# Dark Tower.



## atmosphericphyre (Dec 25, 2004)

I don't know if this is too multi-genre, but Steven King's Dark Tower series is utterly awesome.  I've read The Wheel of Time and Dargon Lance, I've read some Salvatore, Belgarath the Sorcerer by Eddings was wonderful, and of course I've read Tolkien, but the Dark Tower has been my favorite since I was little.  Not only is it a great fantasy, he also manages to combine elements of science fiction and western fiction as well.  Instead of a armor clad, sword wielding, hero you get a duster wearing, magic able gunslinger.


----------



## demonic_harmonic (Dec 25, 2004)

i just finished the last book. i thought it was terrible. i loved the series up till the fourth book. after that, i felt he lost it. and the very last part of the book could have been brilliant.... if he had had an editor and the will to make it better. grah. and i slept out on the sidewalk for two nights to get that last book signed, too...


----------



## Talia_Brie (Dec 28, 2004)

Are we going to have this argument again?  :lol: 

I thought the end of DT7, the very end, after he asks you to stop reading, was absolutely brilliant. I thought it was unpredictable, which would have been extremely difficult to manage considering the scope of the entire series.

I don't feel like the quality of the writing deteriorated, and I don't think the storyline faltered. I class this series as one of the greatest I've ever read, adn I think it puts Stephen King at the top of the pile of Genre writers. I think the last three books of the DT series rate among his best, including The Stand and The Shining.


----------



## Clockwork (Jan 5, 2005)

*Amazing Books*

I'm reading the 4th DT book right now and the series has been awsome up the this point. :thumbr:   :thumbl: 
But all in all my favorite Dt book would have to be DT3
it seems to be the most iventful so far.

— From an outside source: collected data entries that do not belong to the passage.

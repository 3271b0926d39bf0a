// Runs a script of any calls.
#![tactic(auto)]

fn main(rt: HostRuntime) {
    console::trace(&rt);
}
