//! What the moves of the thread in hand log: the event of each option of its access, and of its fence.
#![tactic(auto)]

mod options;

pub use options::option_events;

But then again I haven't read the full 4th book yet.


----------



## Ralizah (Jan 5, 2005)

I read the first book and hated it, personally.


----------



## Clockwork (Jan 5, 2005)

*why?*

Why did you hate it?
I loved the first book, I couldn't put it down

But everyone has a right to their own opinion


----------



## Oracle (Jan 5, 2005)

Clockwork has been pushing me to read DT for quite some time now. I'll have to get my hands on the first one sometime


----------



## Ralizah (Jan 5, 2005)

*Re: why?*



			
				Clockwork said:
			
		

> Why did you hate it?
> I loved the first book, I couldn't put it down
> 
> But everyone has a right to their own opinion



 To be honest, the whole writing style turned me off from the very start, and I thought the characters were rather stale.


----------



## Talia_Brie (Jan 6, 2005)

The first book is not the best one. It was written a long time ago as a series of connectesd short stories, and the style is archaic and overdone.

But from DT2 on the style becomes more contemporary, and the story becomes more complex and rewarding. The main character, roland, is joined by some new, great characters, and the series really takes off. 

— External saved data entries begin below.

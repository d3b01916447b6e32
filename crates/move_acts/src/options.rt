// The events of a thread's moves.
ghost use Rattle.std.specs.Prelude.{◌≡◌, ◌+◌, ◌<◌, ◌++◌, Some, OnOk, length, map, slice_get, true};
ghost use Rattle.mem_axioms.specs.Objects.{HasCell, initial_of};
ghost use Rattle.mem_axioms.specs.Choices.{choices};
ghost use Rattle.mem_axioms.specs.EventFits.{is_thread};
ghost use Rattle.step_forms.specs.Asked.{access_of};
ghost use Rattle.run_state.specs.Remembering.{initials};
ghost use Rattle.memory_acts.specs.Accessing.{options_of};
ghost use Rattle.move_acts.specs.MoveEvents.{AreThere, OptionLogs, logs_of};

use client_hooks::Determined;
use mem_axioms::{Chosen, Event, Memory};
use memory_acts::accessing::{Asked, kind_of, wanted};
use memory_acts::counting::count_options;
use mu_base::Steps;
use mu_values::CellId;
use std::alloc::AllocError;
use std::marker::Brand;
use std::sync::ledger::{Blank, Ledger};
use step_forms::Access;
use thread_acts::state::State;

/// Option `n` of what is asked of a memory.
fn option_at<M: Memory, L: Ledger>(memory: &M, asked: Asked, n: u32, blank: Blank) -> Chosen
    requires name { blank.name ≡ L.name }
    requires parts { blank.parts ≡ L.parts }
    requires one { L.parts ≡ 1 }
    requires thread { is_thread (M.log memory.now) asked.thread ≡ true }
    requires cell { HasCell (M.objects memory.now) asked.cell }
    requires events { length (M.log memory.now) + 1 < 4294967295 }
    requires n { n < length (choices (M.rule memory.now) (initial_of (M.objects memory.now)) (M.log memory.now) asked.thread asked.cell asked.wanted) }
    ensures { slice_get (choices (M.rule memory.now) (initial_of (M.objects memory.now)) (M.log memory.now) asked.thread asked.cell asked.wanted) n ≡ Some result }
{
    let mut counter = Steps::<L>::new(blank);
    memory.choose(asked.thread, asked.cell, &asked.wanted, n, &mut counter)
}

/// What is logged of option `n` of the thread's access of a cell that is there.
fn option_event<M: Memory, C: Determined>(
    state: &State<M, C>,
    access: Access,
    cell: CellId,
    n: u32,
) -> Event
    requires left { state.now.left ≡ true }
    requires cell { HasCell (initials state.now.objects) cell }
    requires there { AreThere state.now (access_of access) cell }
    requires n { n < length (options_of state.now (access_of access) cell) }
    ensures { OptionLogs state.now (access_of access) cell n result }
{
    let asked = Asked {
        thread: state.thread,
        cell,
        wanted: wanted(access),
    };
    let chosen = option_at::<M, Brand>(&state.memory, asked, n, Blank::new(1));
    Event {
        thread: state.thread,
        kind: kind_of(access, cell, chosen),
    }
}

/// Adds the event of each option of the thread's access of a cell that is there.
pub fn option_events<M: Memory, C: Determined>(
    state: &State<M, C>,
    access: Access,
    cell: CellId,
    events: &mut Vec<Event>,
) -> Result<(), AllocError>
    requires left { state.now.left ≡ true }
    requires cell { HasCell (initials state.now.objects) cell }
    requires there { AreThere state.now (access_of access) cell }
    ensures { OnOk result (map Some events.new.items ≡ map Some events.old.items ++ map (logs_of state.now (access_of access) cell) (options_of state.now (access_of access) cell)) }
{
    let many = count_options::<M, Brand>(
        &state.memory,
        state.thread,
        cell,
        wanted(access),
        Blank::new(1),
    );
    for n in 0..many {
        let event = option_event(state, access, cell, n);
        events.push(event)?;
    }
    Ok(())
}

I would recommend borrowing a copy of The Drawing of the Three (DT2), to see if your opinion can be changed.


----------



## poison2themind (Jan 6, 2005)

Wow we have this arguement alot. I think The Dark Tower is awesome. Personaly i love stephen king. He is a genius. It has fantacy and western all in one. The cliff hangers will get you also.

I thought the first book was a little slow. I didnt like how he didnt really and entirely explain what a gunslinger is. But after that it was awesome. I am currently reading the last book in this series, and i am completely hooked.


----------